Soncente non è altro che il nome dell'isola di Sao Vincente in creolo, idioma nato dall'incontro della lingua dei colonizzatori portoghesi e le diverse parlate africane arrivate nell'arcipelago con gli scambi commerciali e con la schiavitù di alcune popolazioni ivi deportate, in particolare della Guinea.

La scrittrice, morta nel 2014, ha vissuto, oltre che a Lisbona, in molti paesi, cercando sempre di trasfigurare l'emigrazione e la sua problematica con le armi letterarie che contaminavano la realtà con il fantastico, affidandosi alle immagini ed espressioni delle tradizioni folkloriche del suo paese.
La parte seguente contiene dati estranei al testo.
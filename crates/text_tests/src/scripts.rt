// Worked examples of scripts: the first rule that a text breaks, and what a script says.

use cell_grid::Kind;
use std::alloc::{AllocError, Global};
use std::test::Fail;
use view_script::{Command, Head, ScriptErr, ScriptKind, read_script};

/// The first broken rule of a text and the line that breaks it, where it is no script.
pub(crate) fn refused(alloc: Global, text: &[u8]) -> Option<(u32, ScriptKind)> {
    match read_script(alloc, text) {
        Err(ScriptErr::At { line, kind }) => Some((line, kind)),
        _ => None,
    }
}

/// What a text with one more line is refused for.
pub(crate) fn refused_after(alloc: Global, head: &[u8], line: &str) -> Option<(u32, ScriptKind)> {
    let mut text = Vec::from_slice(alloc, head).ok()?;
    text.extend_from_slice(line.as_bytes()).ok()?;
    refused(alloc, text.as_slice())
}

/// A text of so many lines after two first ones.
fn repeated(alloc: Global, first: &str, line: &str, lines: usize) -> Result<String, AllocError> {
    let mut text = String::from_str(alloc, first)?;
    for _ in 0..lines {
        text.push_str(line)?;
    }
    Ok(text)
}

#[test]
fn prefixes_of_a_head(rt: HostRuntime) {
    for (text, want) in [
        ("", Some((1, ScriptKind::Order))),
        ("ra", Some((1, ScriptKind::UnknownWord))),
        ("raw", Some((1, ScriptKind::MissingWord))),
        ("raw v", Some((1, ScriptKind::MissingWord))),
        ("raw vol uin", Some((1, ScriptKind::UnknownWord))),
        ("raw vol uint8", Some((1, ScriptKind::MissingWord))),
        (
            "raw vol uint8 6 2 2 2 2 ",
            Some((1, ScriptKind::MissingWord)),
        ),
        ("raw vol uint8 6 2 2 2 2 2", None),
    ] {
        assert_eq!(rt; refused(rt.alloc(), text.as_bytes()), want, "{text}");
    }
}

#[test]
fn rules_of_one_line(rt: HostRuntime) {
    let head = b"raw vol uint8 6 2 2 2 2 2\nphase\nactor\n";
    for (line, kind) in [
        ("get 0 1 2", ScriptKind::MissingWord),
        ("pause", ScriptKind::UnknownWord),
        ("get 8 1 2 3", ScriptKind::Limit),
        ("set 0 1 2 3", ScriptKind::MissingWord),
        ("set 0 1 2 3 4 5", ScriptKind::ExtraWord),
        ("get 0 18446744073709551616 0 0", ScriptKind::BadNumber),
        ("get +0 1 2 3", ScriptKind::BadNumber),
        ("range 0 1", ScriptKind::Order),
        ("open vol", ScriptKind::Order),
    ] {
        let found = refused_after(rt.alloc(), head, line);
        assert_eq!(rt; found, Some((4, kind)), "{line}");
    }
}

#[test]
fn lines_and_their_ends(rt: HostRuntime) {
    for (text, want) in [
        (
            b"# one\n\n \t\nrange 0 1\n".as_slice(),
            Some((4, ScriptKind::Order)),
        ),
        (b"open a\r\n\trange 5  5\r\n", Some((2, ScriptKind::Limit))),
        (b"open a\r\nrange\t5 6 \r\nphase \r\nactor", None),
        (b"open a\n#\xff\nphase\n", None),
        (b"open a\npause \xff\n", Some((2, ScriptKind::NotText))),
        (b"\r", Some((2, ScriptKind::Order))),
        (
            b"open a\nrange 0 1\nrange 0 2\n",
            Some((3, ScriptKind::Order)),
        ),
        (
            b"open a\nphase\nget 0 0 0 0\n",
            Some((3, ScriptKind::Order)),
        ),
        (b"open a/../b", Some((1, ScriptKind::Limit))),
    ] {
        assert_eq!(rt; refused(rt.alloc(), text), want, "{text:?}");
    }
}

#[test]
fn limits(rt: HostRuntime) -> Result<(), Fail> {
    let alloc = rt.alloc();
    let head = "raw vol uint8 6 2 2 2 2 2\n";
    for (first, line, lines, want) in [
        ("open ", "a", 200, None),
        ("open ", "a", 201, Some(1)),
        ("open a\nphase\n", "actor\n", 16, None),
        ("open a\nphase\n", "actor\n", 17, Some(19)),
        ("open a\n", "phase\n", 1025, Some(1026)),
        (head, "#", (1 << 20) - 26, None),
        (head, "#", (1 << 20) - 25, Some(0)),
    ] {
        let text = repeated(alloc, first, line, lines)?;
        let want = want.map(|number| (number, ScriptKind::Limit));
        assert_eq!(rt; refused(alloc, text.as_bytes()), want, "{first} {lines}");
    }
    Ok(())
}

/// A head, a range, and two phases, the first of which has two actors.
const LINES: &[u8] =
    b"raw a/b uint16 5 6 7 2 3 4\nrange 1 9\nphase\nactor\n  get 0 1 2 3\nset 7 007 2 3 9\nactor\nphase";

#[test]
fn reads_the_head_and_the_range(rt: HostRuntime) -> Result<(), Fail> {
    let script = read_script(rt.alloc(), LINES)?;
    match &script.head {
        Head::Raw {
            root,
            kind,
            dims,
            cell,
        } => {
            assert_eq!(rt; root.as_str(), "a/b");
            assert_eq!(rt; *kind, Kind::U16);
            assert_eq!(rt; *dims, [5, 6, 7]);
            assert_eq!(rt; *cell, [2, 3, 4]);
        }
        Head::Pyramid { .. } => assert!(rt; false),
    }
    assert_eq!(rt; script.range, Some([1, 9]));
    Ok(())
}

#[test]
fn reads_phases_actors_and_commands(rt: HostRuntime) -> Result<(), Fail> {
    let script = read_script(rt.alloc(), LINES)?;
    assert_eq!(rt; script.phases.len(), 2);
    let first = script.phases.as_slice().first().expect(&rt, "a phase");
    assert_eq!(rt; first.len(), 2);
    let commands = first.as_slice().first().expect(&rt, "an actor");
    assert_eq!(rt; commands.len(), 2);
    assert!(rt;
        matches!(
            commands.as_slice().first(),
            Some(Command::Get {
                level: 0,
                pos: [1, 2, 3]
            })
        )
    );
    assert!(rt;
        matches!(
            commands.as_slice().last(),
            Some(Command::Set {
                level: 7,
                pos: [7, 2, 3],
                value: 9
            })
        )
    );
    let last = script.phases.last().expect(&rt, "a phase");
    assert_eq!(rt; last.len(), 0);
    Ok(())
}
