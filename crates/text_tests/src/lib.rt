//! Tests of what is read and written as text: attributes, scripts, and reports. There is no code to run here.
#![tactic(auto)]

#[cfg(test)]
mod attributes;
#[cfg(test)]
mod lines;
#[cfg(test)]
mod pyramids;
#[cfg(test)]
mod reports;
#[cfg(test)]
mod scripts;
#[cfg(test)]
mod views;
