// Worked examples of attributes.

use cell_grid::Kind;
use n5_meta::{Attr, Member, MetaErr, read_attributes};
use std::alloc::{AllocError, Global};
use std::test::Fail;

/// Attributes with a member more.
fn attributes(
    alloc: Global,
    dimensions: &str,
    block_size: &str,
    ignored: &str,
) -> Result<String, AllocError> {
    format!(in alloc;
        "{{\"dimensions\":{dimensions},\"blockSize\":{block_size},\"dataType\":\"uint64\",\"compression\":{{\"type\":\"raw\"}},\"ignored\":{ignored}}}"
    )
}

/// Why such attributes are refused.
fn refusal(
    alloc: Global,
    dimensions: &str,
    block_size: &str,
    ignored: &str,
) -> Result<Option<MetaErr>, AllocError> {
    let text = attributes(alloc, dimensions, block_size, ignored)?;
    Ok(read_attributes(alloc, text.as_bytes()).err())
}

/// Arrays in one another.
fn nested(alloc: Global, depth: u32) -> Result<String, AllocError> {
    let mut text = String::from_str(alloc, "0")?;
    for _ in 0..depth {
        text = format!(in alloc; "[{text}]")?;
    }
    Ok(text)
}

#[test]
fn the_last_of_two_members_of_a_name_counts(rt: HostRuntime) -> Result<(), Fail> {
    let alloc = rt.alloc();
    let twice = "[7],\"dimensions\":[18446744073709551615,2,3]";
    let text = attributes(alloc, twice, "[4294967295,0,1]", "0")?;
    let attr = read_attributes(alloc, text.as_bytes())?;
    let dims = [18446744073709551615, 2, 3];
    let cell = [4294967295, 0, 1];
    let kind = Kind::U64;
    assert_eq!(rt; attr, Attr { dims, cell, kind });
    Ok(())
}

#[test]
fn a_number_that_is_not_whole_is_refused(rt: HostRuntime) -> Result<(), Fail> {
    for (dimensions, block_size, member) in [
        ("[-0,1,1]", "[1.0,1,1]", Member::Dimensions),
        ("[-1,1,1]", "[1.0,1,1]", Member::Dimensions),
        ("[2.0,1,1]", "[1.0,1,1]", Member::Dimensions),
        ("[2e0,1,1]", "[1.0,1,1]", Member::Dimensions),
        (
            "[18446744073709551616,1,1]",
            "[1.0,1,1]",
            Member::Dimensions,
        ),
        ("[1,1]", "[4294967296,1,1]", Member::BlockSize),
    ] {
        let found = refusal(rt.alloc(), dimensions, block_size, "0")?;
        assert_eq!(rt; found, Some(MetaErr::BadNumber { member }), "{dimensions}");
    }
    Ok(())
}

#[test]
fn an_ignored_member_is_read_as_json_too(rt: HostRuntime) -> Result<(), Fail> {
    let alloc = rt.alloc();
    let most = nested(alloc, 126)?;
    let more = nested(alloc, 127)?;
    let not_json = Some(MetaErr::NotJson);
    for (ignored, want) in [
        ("1e308", None),
        ("1e999", not_json),
        ("\"\\ud834\\udd1e\"", None),
        ("\"\\ud834\"", not_json),
        ("01", not_json),
        ("[1,]", not_json),
        (most.as_str(), None),
        (more.as_str(), not_json),
    ] {
        let found = refusal(alloc, "[1,1,1]", "[1,1,1]", ignored)?;
        assert_eq!(rt; found, want, "{ignored}");
    }
    Ok(())
}
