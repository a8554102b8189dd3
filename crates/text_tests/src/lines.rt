// The lines of replies, and of calls that end without a report.

use cell_file::AcquireErr;
use cell_grid::GridErr;
use n5_block::BlockErr;
use n5_meta::{Member, MetaErr, OpenErr, Spot};
use run_report::{Answer, Refusal, Reply, Stop};
use scale_pick::Painted;
use std::alloc::{AllocError, Global};
use std::process::Abort;
use std::test::Fail;
use view_script::{ScriptErr, ScriptKind};

fn reply(answer: Answer) -> Reply {
    Reply {
        phase: 0,
        actor: 0,
        call: 1,
        answer,
    }
}

fn refused(err: AcquireErr) -> Reply {
    reply(Answer::Refused(Refusal::Acquire(err)))
}

fn malformed(edited: bool, err: BlockErr) -> Reply {
    refused(AcquireErr::Malformed { edited, err })
}

/// Compares the lines of replies.
fn expect_lines(rt: &impl Abort, alloc: Global, cases: &[(Reply, &str)]) -> Result<(), AllocError> {
    for (reply, text) in cases {
        let line = format!(in alloc; "{reply}")?;
        assert_eq!(rt; line.as_str(), *text);
    }
    Ok(())
}

#[test]
fn lines_of_what_was_done(rt: HostRuntime) -> Result<(), Fail> {
    let complete = Painted {
        wanted: 0,
        complete: true,
        not_ready: 0,
    };
    let partial = Painted {
        wanted: 1,
        complete: false,
        not_ready: 12,
    };
    let fetched = Answer::Fetched {
        loaded: 2,
        held: 1,
        refused: 3,
    };
    let cases = [
        (reply(Answer::Value(9)), "0.0.1 value 9"),
        (reply(Answer::Done), "0.0.1 done"),
        (
            reply(Answer::Frame(complete)),
            "0.0.1 frame level 0 complete",
        ),
        (
            reply(Answer::Frame(partial)),
            "0.0.1 frame level 1 partial 12",
        ),
        (reply(fetched), "0.0.1 fetched 2 held 1 refused 3"),
    ];
    expect_lines(&rt, rt.alloc(), &cases)?;
    Ok(())
}

#[test]
fn lines_of_refusals(rt: HostRuntime) -> Result<(), Fail> {
    let too_large = Answer::Refused(Refusal::TooLarge { value: 256 });
    let too_long = AcquireErr::TooLong {
        edited: false,
        len: 25,
        limit: 24,
    };
    let cases = [
        (
            reply(Answer::Refused(Refusal::Outside)),
            "0.0.1 refused outside",
        ),
        (reply(too_large), "0.0.1 refused too-large 256"),
        (refused(AcquireErr::ReadFault), "0.0.1 refused read-fault"),
        (refused(AcquireErr::WriteFault), "0.0.1 refused write-fault"),
        (refused(AcquireErr::Memory), "0.0.1 refused memory"),
        (refused(too_long), "0.0.1 refused too-long base 25 24"),
    ];
    expect_lines(&rt, rt.alloc(), &cases)?;
    Ok(())
}

#[test]
fn lines_of_malformed_blocks(rt: HostRuntime) -> Result<(), Fail> {
    let cases = [
        (
            malformed(false, BlockErr::Short { len: 23, need: 24 }),
            "0.0.1 refused malformed base short 23 24",
        ),
        (
            malformed(true, BlockErr::Short { len: 12, need: 16 }),
            "0.0.1 refused malformed edited short 12 16",
        ),
        (
            malformed(false, BlockErr::Mode { found: 1 }),
            "0.0.1 refused malformed base mode 1",
        ),
        (
            malformed(false, BlockErr::Axes { found: 2 }),
            "0.0.1 refused malformed base axes 2",
        ),
        (
            malformed(false, BlockErr::Side { axis: 1, found: 5 }),
            "0.0.1 refused malformed base side 1 5",
        ),
        (
            malformed(false, BlockErr::Trailing { len: 29, need: 28 }),
            "0.0.1 refused malformed base trailing 29 28",
        ),
    ];
    expect_lines(&rt, rt.alloc(), &cases)?;
    Ok(())
}

/// Compares the line and the status of a call that ends without a report.
fn expect_stop(
    rt: &impl Abort,
    alloc: Global,
    stop: Stop,
    status: u8,
    text: &str,
) -> Result<(), AllocError> {
    let line = stop.text(alloc)?;
    assert_eq!(rt; line.as_str(), text);
    assert_eq!(rt; stop.status(), status);
    Ok(())
}

#[test]
fn lines_of_stops(rt: HostRuntime) -> Result<(), Fail> {
    let usage =
        "usage: viewrun info ROOT | solo SCRIPT --slots N | run SCRIPT --slots N --fetchers N | demo N\n";
    let script = ScriptErr::At {
        line: 4,
        kind: ScriptKind::MissingWord,
    };
    let slots = Stop::Slots {
        found: 5,
        low: 6,
        high: 4096,
    };
    for (stop, status, text) in [
        (Stop::Usage, 2, usage),
        (Stop::from(script), 3, "script line 4 missing-word\n"),
        (Stop::WriteFault, 5, "store write-fault\n"),
        (Stop::Memory, 7, "memory\n"),
        (Stop::ReadFault, 8, "script read-fault\n"),
        (slots, 9, "slots 5 outside 6 to 4096\n"),
    ] {
        expect_stop(&rt, rt.alloc(), stop, status, text)?;
    }
    Ok(())
}

#[test]
fn lines_of_datasets_that_are_refused(rt: HostRuntime) -> Result<(), Fail> {
    let compressed = OpenErr::Meta {
        spot: Spot::Level(0),
        err: MetaErr::Compressed,
    };
    let bad_number = OpenErr::Meta {
        spot: Spot::Level(0),
        err: MetaErr::BadNumber {
            member: Member::BlockSize,
        },
    };
    let none = OpenErr::NoAttributes { spot: Spot::Setup };
    let many = OpenErr::LevelCount { count: 9 };
    for (err, status, text) in [
        (compressed, 4, "dataset level 0 compressed\n"),
        (bad_number, 4, "dataset level 0 bad-number blockSize\n"),
        (none, 4, "dataset setup no-attributes\n"),
        (many, 4, "dataset setup level-count 9\n"),
        (OpenErr::ReadFault, 5, "store read-fault\n"),
    ] {
        expect_stop(&rt, rt.alloc(), Stop::from(err), status, text)?;
    }
    Ok(())
}

#[test]
fn lines_of_grids_that_are_refused(rt: HostRuntime) -> Result<(), Fail> {
    let large = GridErr::CellTooLarge { voxels: 4194304 };
    for (err, text) in [
        (GridErr::ZeroSide { axis: 0 }, "dataset grid zero-side 0\n"),
        (large, "dataset grid cell-too-large 4194304\n"),
    ] {
        expect_stop(&rt, rt.alloc(), Stop::from(err), 4, text)?;
    }
    Ok(())
}
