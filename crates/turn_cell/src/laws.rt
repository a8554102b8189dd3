// What holds of a turn for any object.
ghost use Rattle.turn_cell.specs.Entry.{EachCallIsAStep};

use crate::pass::TurnPass;
use crate::seq::Seq;
use crate::turn::Turn;

/// In a history that leads from one value to another each call did what the object does at its
/// place, and got the object's reply.
pub fn each_call_is_a_step<T: Seq>()
    ensures { EachCallIsAStep T.steps }
{}

fn can_be_sent<X: Send>() {}

fn can_be_shared<X: Sync>() {}

/// Threads can share a turn, and a pass can be moved to one, where the value can be moved.
pub fn turns_cross_threads<T: Seq + Send>() {
    can_be_sent::<Turn<T>>();
    can_be_shared::<Turn<T>>();
    can_be_sent::<TurnPass<T>>();
}
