ghost use Rattle.std.specs.Prelude.{◌≡◌, ◌<◌, [], ◌∷◌};

use lj_base::Block;
use lj_rank::{TSet, next, rank, seek, unrank};

fn three(a: u8, b: u8, c: u8) -> TSet
    requires first { a < b }
    requires second { b < c }
    requires third { c < 99 }
    ensures { result ≡ a ∷ b ∷ c ∷ [] }
{
    let mut set = TSet::empty();
    set.push(a);
    set.push(b);
    set.push(c);
    set
}

#[test]
fn ranks_and_sets_belong_together(rt: HostRuntime) {
    assert_eq!(rt; rank(&three(2, 4, 7)), 43);
    assert_eq!(rt; unrank(8, 3, 43), three(2, 4, 7));
    assert_eq!(rt; rank(&three(0, 1, 2)), 0);
    assert_eq!(rt; rank(&three(96, 97, 98)), 156848);
    assert_eq!(rt; unrank(99, 3, 156848), three(96, 97, 98));
}

#[test]
fn the_empty_set_is_the_only_one_of_no_points(rt: HostRuntime) {
    let mut set = TSet::empty();
    assert_eq!(rt; rank(&set), 0);
    assert!(rt; !next(8, &mut set));
    assert!(rt; !next(0, &mut set));
    assert_eq!(rt; set, TSet::empty());
    assert_eq!(rt; unrank(8, 0, 0), TSet::empty());
}

#[test]
fn next_passes_through_all_sets_of_three_below_eight(rt: HostRuntime) {
    let mut set = three(0, 1, 2);
    for expected in 1..56 {
        assert!(rt; next(8, &mut set), "before {expected}");
        assert_eq!(rt; rank(&set), expected);
        assert_eq!(rt; unrank(8, 3, expected), set);
    }
    assert_eq!(rt; set, three(5, 6, 7));
    assert!(rt; !next(8, &mut set));
    assert_eq!(rt; set, three(5, 6, 7));
    let mut among_nine = three(5, 6, 7);
    assert!(rt; next(9, &mut among_nine));
    assert_eq!(rt; among_nine, three(0, 1, 8));
}

// The set of these points, of those below 99 that ascend.
fn set_of(points: &[u8]) -> TSet {
    let mut set = TSet::empty();
    for p in points {
        push(&mut set, *p);
    }
    set
}

// Adds a point that is above all others.
fn push(set: &mut TSet, p: u8) {
    let len = set.len();
    if p < 99 && len < 8 && (len == 0 || set.at(len - 1) < p) {
        set.push(p);
    }
}

#[test]
fn seek_finds_the_first_set_of_a_block_from_a_rank_on(rt: HostRuntime) {
    let mut block = Block::empty();
    block.push(0);
    block.push(2);
    block.push(5);
    // The number of points, the least rank, the set: the sets of two of these points have the ranks 1, 10 and 12.
    let rows: [(u64, u64, Option<&[u8]>); 12] = [
        (2, 0, Some(&[0, 2])),
        (2, 1, Some(&[0, 2])),
        (2, 2, Some(&[0, 5])),
        (2, 4, Some(&[0, 5])),
        (2, 10, Some(&[0, 5])),
        (2, 11, Some(&[2, 5])),
        (2, 12, Some(&[2, 5])),
        (2, 13, None),
        (3, 0, Some(&[0, 2, 5])),
        (4, 0, None),
        (0, 0, Some(&[])),
        (0, 1, None),
    ];
    for (t, least, want) in rows {
        assert_eq!(rt;
            seek(&block, t, least),
            want.map(set_of),
            "{t} from {least} on"
        );
    }
}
L'arcipelago capoverdiano ha da sempre come tema dominante la fuoriuscita volontaria o forzata dei suoi abitanti, in maggioranza uomini il che ha creato un mondo al femminile che restava in patria a crescere i figli, a resistere alle avversità climatiche, a forgiare caratteri di donne forti e combattive.

Questo è precisamente ciò che contengono i nove racconti, selezionati da quattro precedenti raccolte, in cui il realismo crudo delle dure vite narrate tra siccità e carestie si mescola con le risate e la gioia di vivere, la descrizione incantata dei paesaggi fa da sfondo ai ricordi nostalgici di chi è partito e alla rassegnazione di chi resta, dove le cose non sempre sono rappresentate con il loro nome ma con un equivalente magico. E non tutto è ciò che sembra, anche la morte.

Il testo si apre con Cais-do-sodré, in cui predomina la nostalgia del migrante: è la storia di una giovane donna, Andresa, ormai abitante a Lisbona, proveniente da una buona famiglia di Sao Vincente. Non le è mai piaciuto accodarsi agli altri compaesani, ma da un po' di tempo prova l'irresistibile voglia di parlare con qualcuno nella sua lingua, ricordare i tempi passati, rievocare amicizie ed episodi di vita in comune. Non sa spiegarsi il perché ma accetta di passare un po' di tempo con una capoverdiana non proveniente dal suo milieu sociale, tuttavia del suo stesso quartiere, con cui non ha nulla in comune, neanche le fole stregonesche di cui si nutrivano le comari ...Ma tant'è...vince irresistibilmente la nostalgia. E la nostalgia è protagonista anche nel racconto Salamansa dove l'emigrato Baltazar, tornato per qualche tempo a Sao Vincente, si lascia prendere dai ricordi. Proustianamente è il profumo dei gelsomini che si sparge per tutta l'isola dai giardini a far scattare la memoria: di Linda, una bella ragazza, dai costumi liberi che lo ha iniziato al sesso, da lui amata poco più che adolescente, ma anche della gioventù spensierata trascorsa con gli amici in memorabili nottate sulla spiaggia. Ora tutto è cambiato: Linda non c'è più nell'isola, forse prostituta all'estero, gli amici sono tutti emigrati come lui in diversi paesi, non conosce più nessuno. Ma la sua carne freme ancora al pensiero del corpo di Linda e di quell'amore lontano, a suo modo sensuale e innocente.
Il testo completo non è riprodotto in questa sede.